**DIRECTIONS FOR THIS TASK:**
Records follow. Select each line holding "table".

── DATASET CONTENT

use super::*;
use std::os::unix::fs::symlink;

fn fill(rt: &HostRuntime) -> Result<(), Fail> {
    put(rt, "folder_rows/b", b"xyz", 1_234_567)?;
    put(rt, "folder_rows/a", b"", 1)?;
    put(rt, "folder_rows/Z", b"1", 2000)?;
    put(rt, "folder_rows/..x", b"12", 3)?;
    put(rt, "folder_rows/\u{e9}", b"1", 4)?;
    put(rt, "folder_rows/.vfs-stage-1", b"1", 4)?;
    put(rt, "folder_other", b"secret", 4)?;
    fs::create_dir_all(rt, "folder_rows/d/e")?;
    put(rt, "folder_rows/d/f", b"inner", 5)?;
    put(rt, "folder_rows/d/.vfs-stage-2", b"inner", 5)?;
    symlink(rt, "b", "folder_rows/link")?;
    symlink(rt, "../folder_other", "folder_rows/out")?;
    symlink(rt, "d", "folder_rows/dir")?;
    symlink(rt, "nothing", "folder_rows/broken")?;
    Ok(())
}

#[test]
fn a_listing_is_sorted_and_has_files_and_directories_alone(rt: HostRuntime) -> Result<(), Fail> {
    let alloc = rt.alloc();
    let mut remote = attached(&rt, "folder_rows")?;
    assert_eq!(rt; listed(alloc, &mut remote, "")?.as_str(), "");
    fill(&rt)?;
    assert_eq!(rt;
        listed(alloc, &mut remote, "")?.as_str(),
        "..x 2 3\nZ 1 2000\na 0 1\nb 3 1234567\nd/\n\u{e9} 1 4\n"
    );
    assert_eq!(rt; listed(alloc, &mut remote, "d")?.as_str(), "e/\nf 5 5\n");
    assert_eq!(rt; listed(alloc, &mut remote, "d/e")?.as_str(), "");
    let long = [b'n'; 300];
    let long = std::str::from_utf8(&long)?;
    let missing = [
        "x", "b", "b/x", "link", "dir", "dir/e", "out", "broken", "d/x", long,
    ];
    for dir in missing {
        let found = remote.list(alloc, &VPath::parse(alloc, dir)?);
        assert_eq!(rt; found.err(), Some(RemoteError::Missing), "{dir}");
    }
    assert_eq!(rt; remote.list(alloc, &VPath::root(alloc))?.number, 15);
    fs::remove_dir_all(&rt, "folder_rows")?;
    fs::remove_file(&rt, "folder_other")?;
    let found = remote.list(alloc, &VPath::root(alloc));
    assert_eq!(rt; found.err(), Some(RemoteError::Missing));
    Ok(())
}

#[test]
fn objects_are_plain_files_of_the_folder(rt: HostRuntime) -> Result<(), Fail> {
    let alloc = rt.alloc();
    let mut remote = attached(&rt, "folder_objects")?;
    put(&rt, "folder_objects/a", b"hello, folder", 9_999)?;
    put(&rt, "folder_objects_other", b"secret", 4)?;
    fs::create_dir_all(&rt, "folder_objects/d")?;
    put(&rt, "folder_objects/d/f", b"inner", 5)?;
    symlink(&rt, "a", "folder_objects/link")?;
    symlink(&rt, "../folder_objects_other", "folder_objects/out")?;
    symlink(&rt, "d", "folder_objects/dir")?;
    let missing = ["", "x", "d", "a/x", "link", "out", "dir/f", "dir", "d/x"];
    for path in missing {
        let found = remote.open_object(alloc, &VPath::parse(alloc, path)?);
        assert_eq!(rt; found.err(), Some(RemoteError::Missing), "{path}");
    }
    fs::remove_dir_all(&rt, "folder_objects")?;
    fs::remove_file(&rt, "folder_objects_other")?;
    Ok(())
}

#[test]
fn files_are_read_in_pieces(rt: HostRuntime) -> Result<(), Fail> {
    let alloc = rt.alloc();
    let mut remote = attached(&rt, "folder_pieces")?;
    put(&rt, "folder_pieces/a", b"hello, folder", 9_999)?;
    fs::create_dir_all(&rt, "folder_pieces/d")?;
    put(&rt, "folder_pieces/d/f", b"inner", 5)?;
    put(&rt, "folder_pieces/d/empty", b"", 6)?;
    let mut object = remote.open_object(alloc, &VPath::parse(alloc, "a")?)?;
    assert_eq!(rt; object.print().size, 13);
    let mut stream = object.request(0, 13)?;
    let (mut first, mut rest) = ([0u8; 5], [0u8; 8]);
    assert_eq!(rt; object.pull(&mut stream, &mut first), Ok(()));
    assert_eq!(rt; object.pull(&mut stream, &mut rest), Ok(()));
    assert_eq!(rt; (first, rest), (*b"hello", *b", folder"));
    let mut inner = remote.open_object(alloc, &VPath::parse(alloc, "d/f")?)?;
    assert_eq!(rt; inner.print().size, 5);
    let mut stream = inner.request(1, 4)?;
    let mut part = [0u8; 3];
    assert_eq!(rt; inner.pull(&mut stream, &mut part), Ok(()));
    assert_eq!(rt; part, *b"nne");
    let empty = remote.open_object(alloc, &VPath::parse(alloc, "d/empty")?)?;
    assert_eq!(rt; empty.print().size, 0);
    assert_eq!(rt;
        object.print().text(alloc)?.as_slice(),
        b"13.9999.0".as_slice()
    );
    fs::remove_dir_all(&rt, "folder_pieces")?;
    Ok(())
}

#[test]
fn a_folder_is_attached_or_every_call_fails(rt: HostRuntime) -> Result<(), Fail> {
    let alloc = rt.alloc();
    let _ = fs::remove_dir_all(&rt, "folder_attach");
    let mut remote = FolderRemote::new(alloc, rt);
    let root = VPath::root(alloc);
    let path = VPath::parse(alloc, "a")?;
    assert_eq!(rt; remote.list(alloc, &root).err(), Some(RemoteError::Failed));
    assert_eq!(rt;
        remote.open_object(alloc, &path).err(),
        Some(RemoteError::Failed)
    );
    remote.attach("folder_attach/one/two")?;
    put(&rt, "folder_attach/one/two/a", b"first", 7)?;
    let mut object = remote.open_object(alloc, &path)?;
    let long = [b'n'; 3001];
    let long = std::str::from_utf8(&long)?;
    for name in [
        "folder_attach/one/two/a/b",
        "folder_attach/one/two/a",
        "",
        "n\0n",
        long,
    ] {
        assert_eq!(rt; remote.attach(name), Err(RemoteError::Failed), "{name}");
    }
    assert_eq!(rt; listed(alloc, &mut remote, "")?.as_str(), "a 5 7\n");
    remote.attach("folder_attach/three/")?;
    assert_eq!(rt; listed(alloc, &mut remote, "")?.as_str(), "");
    assert_eq!(rt;
        remote.open_object(alloc, &path).err(),
        Some(RemoteError::Missing)
    );
    assert_eq!(rt; object.print().size, 5);
    let mut stream = object.request(1, 4)?;
    let mut into = [0u8; 3];
    assert_eq!(rt; object.pull(&mut stream, &mut into), Ok(()));
    assert_eq!(rt; into, *b"irs");
    fs::remove_dir_all(&rt, "folder_attach")?;
    Ok(())
}

#[test]
fn many_files_are_listed(rt: HostRuntime) -> Result<(), Fail> {
    let alloc = rt.alloc();
    let mut remote = attached(&rt, "folder_many")?;
    for number in 0..3000u64 {
        let name = format!(in alloc; "folder_many/{:04}", number * 7 % 3000)?;
        fs::write(&rt, name.as_str(), b"x".as_slice())?;
    }
    let listing = remote.list(alloc, &VPath::root(alloc))?;
    assert_eq!(rt; listing.rows().len(), 3000);
    for (number, row) in listing.rows().iter().enumerate() {
        let name = format!(in alloc; "{number:04}")?;
        assert_eq!(rt; row.name.as_slice(), name.as_bytes());
    }
    fs::remove_dir_all(&rt, "folder_many")?;
    Ok(())
}

#[test]
fn a_device_is_no_object(rt: HostRuntime) -> Result<(), Fail> {
    let alloc = rt.alloc();
    let mut remote = FolderRemote::new(alloc, rt);
    remote.attach("/dev")?;
    let null = VPath::parse(alloc, "null")?;
    assert_eq!(rt;
        remote.open_object(alloc, &null).err(),
        Some(RemoteError::Missing)
    );
    let listing = remote.list(alloc, &VPath::root(alloc))?;
    for row in listing.rows() {
        assert!(rt; row.name.as_slice() != b"null".as_slice());
    }
    Ok(())
}
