use super::*;
use std::alloc::Allocator;
use std::fs::{File, Metadata, OpenOptions};
use std::io::{ErrorKind, Read};

/// A file system with one directory, in which every name is that of a file but for the ones that say otherwise.
#[derive(Clone, Copy)]
struct Odd {
    rt: HostRuntime,
    names: &'static [u8],
    // whether reading the names ends in an error
    fails: bool,
}

#[derive(Drop)]
struct OddNames {
    left: &'static [u8],
    fails: bool,
}

impl Read for OddNames {
    fn read(&mut self, buf: &mut [u8]) -> io::Result<usize> {
        if self.left.is_empty() && self.fails {
            return Err(ErrorKind::Other.into());
        }
        self.left.read(buf)
    }
}

impl Files for Odd {
    type File = File;

    type Dir = OddNames;

    fn open_file(&self, how: &OpenOptions, path: &str) -> io::Result<File> {
        self.rt.open_file(how, path)
    }

    fn open_dir(&self, _path: &str) -> io::Result<OddNames> {
        Ok(OddNames {
            left: self.names,
            fails: self.fails,
        })
    }

    fn metadata(&self, _path: &str) -> io::Result<Metadata> {
        Ok(Metadata::of_dir())
    }

    fn symlink_metadata(&self, path: &str) -> io::Result<Metadata> {
        match path.as_bytes() {
            [.., b'g', b'o', b'n', b'e'] => Err(ErrorKind::NotFound.into()),
            [.., b's', b'e', b'c'] => Err(ErrorKind::PermissionDenied.into()),
            [.., b'm', b'e', b'm'] => Err(ErrorKind::OutOfMemory.into()),
            [.., b'l', b'n', b'k'] => Ok(Metadata::of_symlink(3)),
            [.., b'd', b'i', b'r'] => Ok(Metadata::of_dir()),
            _ => Ok(Metadata::of_file(3)),
        }
    }

    fn copy(&self, _from: &str, _to: &str) -> io::Result<u64> {
        Err(ErrorKind::Unsupported.into())
    }

    fn rename(&self, _from: &str, _to: &str) -> io::Result<()> {
        Err(ErrorKind::Unsupported.into())
    }

    fn remove_file(&self, _path: &str) -> io::Result<()> {
        Err(ErrorKind::Unsupported.into())
    }

    fn create_dir(&self, _path: &str) -> io::Result<()> {
        Ok(())
    }

    fn remove_dir(&self, _path: &str) -> io::Result<()> {
        Err(ErrorKind::Unsupported.into())
    }

    fn remove_dir_all<B: Allocator>(&self, _alloc: B, _path: &str) -> io::Result<()> {
        Err(ErrorKind::Unsupported.into())
    }
}

#[test]
fn odd_names_hurt_nothing(rt: HostRuntime) -> Result<(), Fail> {
    let alloc = rt.alloc();
    let table = [
        (b"".as_slice(), false, Ok("")),
        (b"b\0\xff\0a\0".as_slice(), false, Ok("a 3 0\nb 3 0\n")),
        (
            b"\xff\xfe\0\xc3\xa9\0".as_slice(),
            false,
            Ok("\u{e9} 3 0\n"),
        ),
        (
            b"b\0a\0b\0a.dir\0".as_slice(),
            false,
            Ok("a 3 0\na.dir/\nb 3 0\n"),
        ),
        (b"b.gone\0a\0x.lnk\0".as_slice(), false, Ok("a 3 0\n")),
        (b"a\0.vfs-stage-7\0.\0..\0".as_slice(), false, Ok("a 3 0\n")),
        (b"a\0b\0".as_slice(), true, Err(RemoteError::Failed)),
        (b"a\0\xff\0".as_slice(), true, Err(RemoteError::Failed)),
        (b"a\0b.sec\0".as_slice(), false, Err(RemoteError::Failed)),
        (b"a\0b.mem\0".as_slice(), false, Err(RemoteError::NoMemory)),
    ];
    for (names, fails, expected) in table {
        let mut remote = FolderRemote::new(alloc, Odd { rt, names, fails });
        remote.attach("f")?;
        let error = remote.list(alloc, &VPath::root(alloc)).err();
        assert_eq!(rt; error, expected.err());
        if let Ok(rows) = expected {
            assert_eq!(rt; listed(alloc, &mut remote, "")?.as_str(), rows);
        }
    }
    Ok(())
}

#[test]
fn a_folder_that_cannot_be_read_is_not_attached(rt: HostRuntime) {
    let names = b"".as_slice();
    let fails = true;
    let mut remote = FolderRemote::new(rt.alloc(), Odd { rt, names, fails });
    assert_eq!(rt; remote.attach("f"), Err(RemoteError::Failed));
}

#[test]
fn a_path_of_the_greatest_length_is_the_last_that_shows(rt: HostRuntime) -> Result<(), Fail> {
    let alloc = rt.alloc();
    let names = b"abc\0ab\0".as_slice();
    let fails = false;
    let mut remote = FolderRemote::new(alloc, Odd { rt, names, fails });
    remote.attach("f")?;
    let mut dir = String::new(alloc);
    for _ in 0..203 {
        dir.push_str("ndir/")?;
    }
    let table = [
        ("nndir", "ab 3 0\nabc 3 0\n"),
        ("nnndir", "ab 3 0\n"),
        ("nnnndir", ""),
        ("nnnnndir", ""),
        ("nnnnnndir", ""),
    ];
    for (last, rows) in table {
        let dir = format!(in alloc; "{dir}{last}")?;
        assert_eq!(rt;
            listed(alloc, &mut remote, dir.as_str())?.as_str(),
            rows,
            "{last}"
        );
    }
    Ok(())
}
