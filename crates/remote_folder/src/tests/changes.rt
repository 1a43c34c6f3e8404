use super::*;
use std::os::unix::fs::symlink;
use vfs_outside::ObjectError;

#[derive(Clone, Copy, Debug, PartialEq, Eq)]
enum Change {
    Replaced,
    OtherSize,
    OtherTime,
    Removed,
    Link,
    LinkOnTheWay,
    Directory,
}

const CHANGES: [Change; 7] = [
    Change::Replaced,
    Change::OtherSize,
    Change::OtherTime,
    Change::Removed,
    Change::Link,
    Change::LinkOnTheWay,
    Change::Directory,
];

fn make(rt: &HostRuntime) -> Result<(), Fail> {
    let _ = fs::remove_dir_all(rt, "folder_changes");
    fs::create_dir_all(rt, "folder_changes/d")?;
    put(rt, "folder_changes/d/a", b"old content", 50)
}

fn make_change(rt: &HostRuntime, change: Change) -> Result<(), Fail> {
    match change {
        Change::Replaced => {
            put(rt, "folder_changes/b", b"new content", 50)?;
            fs::rename(rt, "folder_changes/b", "folder_changes/d/a")?;
        }
        Change::OtherSize => fs::write(rt, "folder_changes/d/a", b"new".as_slice())?,
        Change::OtherTime => put(rt, "folder_changes/d/a", b"new content", 51)?,
        Change::Removed => fs::remove_file(rt, "folder_changes/d/a")?,
        Change::Link => {
            fs::rename(rt, "folder_changes/d/a", "folder_changes/d/b")?;
            symlink(rt, "b", "folder_changes/d/a")?;
        }
        Change::LinkOnTheWay => {
            fs::rename(rt, "folder_changes/d", "folder_changes/e")?;
            symlink(rt, "e", "folder_changes/d")?;
        }
        Change::Directory => {
            fs::remove_file(rt, "folder_changes/d/a")?;
            fs::create_dir(rt, "folder_changes/d/a")?;
        }
    }
    Ok(())
}

#[test]
fn a_file_that_changed_before_a_request_is_told(rt: HostRuntime) -> Result<(), Fail> {
    let alloc = rt.alloc();
    for kind in CHANGES {
        make(&rt)?;
        let mut remote = FolderRemote::new(alloc, rt);
        remote.attach("folder_changes")?;
        let mut object = remote.open_object(alloc, &VPath::parse(alloc, "d/a")?)?;
        make_change(&rt, kind)?;
        assert_eq!(rt; object.print().size, 11);
        let answer = object.request(0, 11);
        assert_eq!(rt; answer.err(), Some(ObjectError::Changed), "{kind:?}");
    }
    fs::remove_dir_all(&rt, "folder_changes")?;
    Ok(())
}

#[test]
fn a_file_that_changed_before_a_pull_is_told(rt: HostRuntime) -> Result<(), Fail> {
    let alloc = rt.alloc();
    for kind in CHANGES {
        make(&rt)?;
        let mut remote = FolderRemote::new(alloc, rt);
        remote.attach("folder_changes")?;
        let mut object = remote.open_object(alloc, &VPath::parse(alloc, "d/a")?)?;
        assert_eq!(rt; object.print().size, 11);
        let mut stream = object.request(0, 11)?;
        let mut into = [0u8; 4];
        assert_eq!(rt; object.pull(&mut stream, &mut into), Ok(()));
        assert_eq!(rt; into, *b"old ");
        make_change(&rt, kind)?;
        let mut rest = [0u8; 7];
        let answer = object.pull(&mut stream, &mut rest);
        let is_told = answer == Err(ObjectError::Changed);
        let is_old = answer == Ok(()) && rest == *b"content";
        let may_be_old = kind != Change::OtherSize && kind != Change::OtherTime;
        assert!(rt; is_told || (is_old && may_be_old), "{kind:?}");
    }
    fs::remove_dir_all(&rt, "folder_changes")?;
    Ok(())
}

────

**EXERCISE RESULT:**
    let table = [
    for (names, fails, expected) in table {
    let table = [
    for (last, rows) in table {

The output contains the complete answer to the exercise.